A bientot et encore merci.


----------



## lulubravo (26 Novembre 2012)

Bonjour

Même problème pour moi aujourd'hui .

Merci google et merci au forum, j'ai fait comme indiqué et j'ai pu débloquer mon IPAD 4.

Dans la présente situation on se demande bien si on a pu faire une fausse manip mais cela ne semble pas être le cas .

C'est tout de même étonnant et stressant dans un premier temps d'être ainsi bloqué pour un problème qui ne devrait pas en être un ...

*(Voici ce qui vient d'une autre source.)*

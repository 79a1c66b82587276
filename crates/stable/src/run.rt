//! A plan is put on a store.
ghost use Rattle.std.specs.Prelude.{◌≡◌, ◌+◌, ◌%◌, ◌^◌, length, OnOk};
ghost use Rattle.stable.specs.Counts.{HasCause};
ghost use Rattle.stable.specs.Moments.{LeavesOnly};
ghost use Rattle.stable.specs.Puts.{put_all, AfterSome, AllStand, AllPastSuperBlock};
ghost use Rattle.stable.specs.States.{SomePuts};
ghost use Rattle.stable.specs.Store.{StaysOpenable};

use crate::{Failed, Plan, Stable};

// Puts sectors in order, up to the first failure.
fn put_each<S: Stable>(store: &mut S, puts: &[(u32, [u8; 512])]) -> Result<(), Failed>
    requires { AllStand (S.sector_count store.old) puts.now }
    ensures done { S.tells → OnOk result (S.image store.new ≡ put_all puts.now (S.image store.old)) }
    ensures crash { LeavesOnly S.moment S.left_since store.old store.new (AfterSome puts.now (S.image store.old)) }
    ensures opens { AllPastSuperBlock puts.now → StaysOpenable S.opens_since S.moment store.old store.new }
    ensures cause { HasCause (S.faults store.old) (S.faults store.new) result }
    ensures sectors { S.sector_count store.new ≡ S.sector_count store.old }
    ensures snapshot { SomePuts (length puts.now) (S.faults store.old) (S.faults store.new) (S.snapshot_of store.old) (S.snapshot_of store.new) }
    ensures counted { OnOk result ((S.snapshot_of store.new).puts ≡ ((S.snapshot_of store.old).puts + length puts.now) % 2 ^ 64) }
{
    for put in puts {
        store.put(put.0, &put.1)?;
    }
    Ok(())
}

/// Puts a plan's sectors in order, up to the first failure. A crash at any moment leaves the first of them put, and no others: the next sector is old or new.
pub fn run_plan<S: Stable>(store: &mut S, plan: &Plan) -> Result<(), Failed>
    requires { AllStand (S.sector_count store.old) plan.now.puts }
    ensures done { S.tells → OnOk result (S.image store.new ≡ put_all plan.now.puts (S.image store.old)) }
    ensures crash { LeavesOnly S.moment S.left_since store.old store.new (AfterSome plan.now.puts (S.image store.old)) }
    ensures opens { AllPastSuperBlock plan.now.puts → StaysOpenable S.opens_since S.moment store.old store.new }
    ensures cause { HasCause (S.faults store.old) (S.faults store.new) result }
    ensures sectors { S.sector_count store.new ≡ S.sector_count store.old }
    ensures snapshot { SomePuts (length plan.now.puts) (S.faults store.old) (S.faults store.new) (S.snapshot_of store.old) (S.snapshot_of store.new) }
    ensures counted { OnOk result ((S.snapshot_of store.new).puts ≡ ((S.snapshot_of store.old).puts + length plan.now.puts) % 2 ^ 64) }
{
    put_each(store, plan.puts())
}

A croire que la sauvegarde icloud est indispensable c'est un peu bizarre d'être ainsi dépendant de la volonté d'une machine...


----------



## nono59 (28 Novembre 2012)

Même problème, j'ai pu débloqué mon nouvel Ipad. Merci au forum. C'est très décevant de la part d'apple!


----------



## malousimon (16 Mai 2013)

Moi aussi, ce conseil m'a permis de débloquer mon ipad...


----------



## Lauraj (8 Août 2013)

Ça marche. Merci beaucoup


----------



## ashock (14 Août 2013)

PAVA a dit:


> Bonjour à tous,
> 
> Mon IPAD est bloqué par un message "Sauvegarde Icloud"
> 
> ...


Bonjour,
J'ai un IPAD et j'ai un message sauvegarde ICloud et je ne réussis pas à le débloquuer. Que dois-je faire ?

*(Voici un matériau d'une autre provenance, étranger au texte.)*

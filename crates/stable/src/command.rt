//! Commands to a tended store, and their answers.

/// What a store is asked to do.
#[derive(Clone, Copy, Debug, PartialEq, Eq)]
pub enum Command {
    /// Use the board's memory, where the battery is good.
    Up,
    /// Flush all that is dirty, and use the disk alone.
    Down,
    /// Flush all that is dirty.
    Flush,
    /// Flush all that is dirty and leave the error.
    Reset,
}

/// What became of a command.
#[derive(Clone, Copy, Debug, PartialEq, Eq)]
pub enum Answer {
    Done,
    /// So many sectors are still dirty, one at least. A device failed in the call.
    Left(u32),
    /// The battery is low, so the store stays DOWN.
    BatteryLow,
    /// The store is in error, and stays so.
    NotDown,
}

/// What became of one flush.
#[derive(Clone, Copy, Debug, PartialEq, Eq)]
pub enum FlushAnswer {
    /// The oldest dirty sector is on the disk, and no longer dirty.
    Flushed,
    /// Nothing is dirty.
    Nothing,
    /// The oldest dirty sector is still dirty. A device failed in the call.
    Stuck,
}
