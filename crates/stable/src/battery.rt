/// What the board's battery says of itself.
#[derive(Clone, Copy, Debug, PartialEq, Eq)]
pub enum Battery {
    /// It can hold the board's memory through a power failure.
    Good,
    /// It can't, or there is no board.
    Low,
}
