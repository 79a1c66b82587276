pub use lists::NoMemory;

/// A call of the outside failed; its object counted a fault.
#[derive(Clone, Copy, Debug, PartialEq, Eq)]
pub struct Failed;
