//! The states of a store between memory and disk.

/// Why a store is in error.
#[derive(Clone, Copy, Debug, PartialEq, Eq)]
pub enum Cause {
    /// A disk write of what was dirty failed.
    Disk,
    /// The board failed to store or to load.
    Board,
    /// The battery was read as low.
    Battery,
}

/// Where puts go. In UP they may stay dirty in the board's memory; in the other states they go to the disk.
#[derive(Clone, Copy, Debug, PartialEq, Eq)]
pub enum State {
    Up,
    /// Nothing is dirty.
    Down,
    Error(Cause),
}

---------- Nouveau message ajouté à 09h48 ---------- Le message précédent a été envoyé à 09h42 ----------

J'essaye mais finalement je ne sais pas le faire. J'ai appuyé sur le tiret en haut et je vois inscris éteindre mais il n'accepte pas.Merci

---------- Nouveau message ajouté à 10h01 ---------- Le message précédent a été envoyé à 09h48 ----------

il ne va pa s s'eteindre


----------



## lea65 (17 Novembre 2013)

Bonsoir, mon Ipad était bloqué  aussi avec un message Icloud ne permettant aucune manipulation, j'ai appliqué le conseil de Firstima et tout réfectionne correctement!!  Donc un grand merci de partager cette précieuse info car même le vendeur n'avait pas su me dépanner!!!


----------



## Locke (17 Août 2014)

docteur iphone a dit:


> Bonjour solution chez VTFF
> appeler le il va vous renseigner.



Tu pourrais aller faire ta PUB ailleurs STP !!! Tu as 2 messages, 2 PUBS. :mouais:


----------